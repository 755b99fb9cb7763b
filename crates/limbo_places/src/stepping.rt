//! `++` and `--`.

ghost use Rattle.std.specs.Prelude.{◌≡◌, [], IfOk, IfErr, IfSome, IfNone};
ghost use Rattle.limbo_types.specs.View.{view_ty};
ghost use Rattle.limbo_typed.specs.View.{view_expr};
ghost use Rattle.limbo_prefixes.specs.Rows as rows;
ghost use Rattle.limbo_prefixes.specs.Rows.{UnaryRow};
ghost use Rattle.limbo_refusals.specs.Refusals.{Refuses, NoneIs};
ghost use Rattle.limbo_places.specs.Steps.{Steps, not_stepped};

use crate::building::{boxed, copied, place_of};
use limbo_prefixes::{before_of, unary_row};
use limbo_refusals::{ExprFault, clash_of};
use limbo_tree::PostfixOp;
use limbo_typed::{Given, Operation, TExpr, TNode};
use limbo_types::Ty;
use std::alloc::{AllocError, Global};

// What `++` or `--` does with a value of a type, if it does anything.
fn stepping(alloc: Global, op: PostfixOp, t: &Ty) -> Result<Option<Operation>, AllocError>
    ensures found { IfOk result (λ o. IfSome o (λ operation. (row : rows.OneRow) × UnaryRow [] (rows.before_of op) (view_ty t.now) row
        × (operation ≡ row.operation))) }
    ensures none { IfOk result (λ o. IfNone o ((row : rows.OneRow) → UnaryRow [] (rows.before_of op) (view_ty t.now) row → ⊥)) }
{
    match unary_row(alloc, &[], before_of(op), t)? {
        Some(row) => Ok(Some(row.operation)),
        None => Ok(None),
    }
}

/// `++place` and `--place`, which give the new value, and `place++` and `place--`, which give the old one.
///
/// # Errors
/// Refusals 50 and 51, and want of memory.
pub fn step(
    alloc: Global,
    op: PostfixOp,
    given: Given,
    e: Box<TExpr>,
) -> Result<Box<TExpr>, ExprFault>
    // It is the step.
    ensures typed { IfOk result (λ s. Steps op given (view_expr e.value) (view_expr s.value)) }
    // Where it is refused, it is no place, or one of another type.
    ensures refused { IfErr result (λ f. Refuses f (λ r. (r ≡ not_stepped (view_expr e.value))
        × NoneIs (Steps op given (view_expr e.value)))) }
{
    let ty = copied(alloc, &e.ty)?;
    let Ok(place) = place_of(e) else {
        return Err(ExprFault::NotPlace);
    };
    let Some(operation) = stepping(alloc, op, &ty)? else {
        return Err(clash_of(alloc, &ty, &ty));
    };
    let node = TNode::Step {
        operation,
        given,
        place,
    };
    Ok(boxed(alloc, Box::into_inner(ty), node)?)
}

## WHAT YOU HAVE TO DO
Read the entries above and find each line holding the word "Steps". Copy it out.

## EXERCISE OUTPUT
ghost use Rattle.limbo_places.specs.Steps.{Steps, not_stepped};
    ensures typed { IfOk result (λ s. Steps op given (view_expr e.value) (view_expr s.value)) }
        × NoneIs (Steps op given (view_expr e.value)))) }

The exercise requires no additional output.